FromAyushi Dalmia <ayushidalmia2604@gmail.com>
Date2014-02-04 21:00 -0800
Message-ID<ce4abca2-27f9-419d-a7d0-352ff53b533f@googlegroups.com>
In reply to#65426
On Tuesday, February 4, 2014 7:36:48 PM UTC+5:30, Dennis Lee Bieber wrote:
> On Tue, 4 Feb 2014 05:19:48 -0800 (PST), Ayushi Dalmia
> 
> <ayushidalmia2604@gmail.com> declaimed the following:
> 
> 
> 
> 
> 
> >I need to chunk out the outputs otherwise it will give Memory Error. I need to do some postprocessing on the data read from the file too. If I donot stop before memory error, I won't be able to perform any more operations on it.
> 
> 
> 
> 	10 200MB files is only 2GB... Most any 64-bit processor these days can
> 
> handle that. Even some 32-bit systems could handle it (WinXP booted with
> 
> the server option gives 3GB to user processes -- if the 4GB was installed
> 
> in the machine).
> 
> 
> 
> 	However, you speak of an n-way merge. The traditional merge operation
> 
> only reads one record from each file at a time, examines them for "first",
> 
> writes that "first", reads next record from the file "first" came from, and
> 
> then reassesses the set.
> 
> 
> 
> 	You mention needed to chunk the data -- that implies performing a merge
> 
> sort in which you read a few records from each file into memory, sort them,
> 
> and right them out to newFile1; then read the same number of records from
> 
> each file, sort, and write them to newFile2, up to however many files you
> 
> intend to work with -- at that point you go back and append the next chunk
> 
> to newFile1. When done, each file contains chunks of n*r records. You now
> 
> make newFilex the inputs, read/merge the records from those chunks
> 
> outputting to another file1, when you reach the end of the first chunk in
> 
> the files you then read/merge the second chunk into another file2. You
> 
> repeat this process until you end up with only one chunk in one file.
> 
> -- 
> 
> 	Wulfraed                 Dennis Lee Bieber         AF6VN
> 
>     wlfraed@ix.netcom.com    HTTP://wlfraed.home.netcom.com/

The way you mentioned for merging the file is an option but that will involve a lot of I/O operation. Also, I do not want the size of the file to increase beyond a certain point. When I reach the file size upto a certain limit, I want to start writing in a new file. This is because I want to store them in memory again later.
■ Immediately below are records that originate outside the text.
//! Parts of a line, and where they stand.

use schedule_lines::words::{after_word, first_word, word_count};

/// A part of a line, and the column at which it begins: 1 for the first byte.
#[derive(Clone, Copy)]
pub(crate) struct Place<'a> {
    pub(crate) part: &'a [u8],
    pub(crate) column: usize,
}

/// Returns the word of a line with so many before it; behind the last one it is empty and stands at the end.
pub(crate) fn word_after<'a>(line: &'a [u8], before: usize) -> Place<'a> {
    let mut rest = line;
    for _ in 0..before {
        rest = after_word(rest);
    }
    Place {
        part: first_word(rest),
        column: column_of(line, rest),
    }
}

/// Returns all from the word of a line on that has so many before it.
pub(crate) fn words_from<'a>(line: &'a [u8], before: usize) -> Place<'a> {
    let mut rest = line;
    for _ in 0..before {
        rest = after_word(rest);
    }
    Place {
        part: rest,
        column: column_of(line, rest),
    }
}

/// Returns the place behind the last byte of a line.
pub(crate) fn end_of<'a>(line: &'a [u8]) -> Place<'a> {
    Place {
        part: b"",
        column: line.len().saturating_add(1),
    }
}

/// Returns the place of the first such byte of a line.
pub(crate) fn byte_in<'a>(line: &'a [u8], byte: u8) -> Option<Place<'a>> {
    let at = line.iter().position(|other| *other == byte)?;
    Some(Place {
        part: line.get(at..at.saturating_add(1))?,
        column: at.saturating_add(1),
    })
}

/// Returns the first word of a line that is empty, as two spaces make one, or a space at an end.
pub(crate) fn empty_word<'a>(line: &'a [u8]) -> Option<Place<'a>> {
    for number in 0..word_count(line) {
        let place = word_after(line, number);
        if place.part.is_empty() {
            return Some(place);
        }
    }
    None
}

/// Returns the first word of a line that begins a comment, and all behind it.
pub(crate) fn comment_in<'a>(line: &'a [u8]) -> Option<Place<'a>> {
    for number in 1..word_count(line) {
        let place = words_from(line, number);
        if place.part.starts_with(b"#") {
            return Some(place);
        }
    }
    None
}

/// Returns the column at which the rest of a line begins.
fn column_of(line: &[u8], rest: &[u8]) -> usize {
    line.len().saturating_sub(rest.len()).saturating_add(1)
}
[toc] | [prev] | [next] | [standalone]


#65444

FromDave Angel <davea@davea.name>
Date2014-02-04 14:21 -0500
Message-ID<mailman.6402.1391541507.18130.python-list@python.org>
In reply to#65415
 Ayushi Dalmia <ayushidalmia2604@gmail.com> Wrote in message:

> 
> Where am I going wrong? What are the alternatives I can try?

You've rejected all the alternatives so far without showing your
 code, or even properly specifying your problem.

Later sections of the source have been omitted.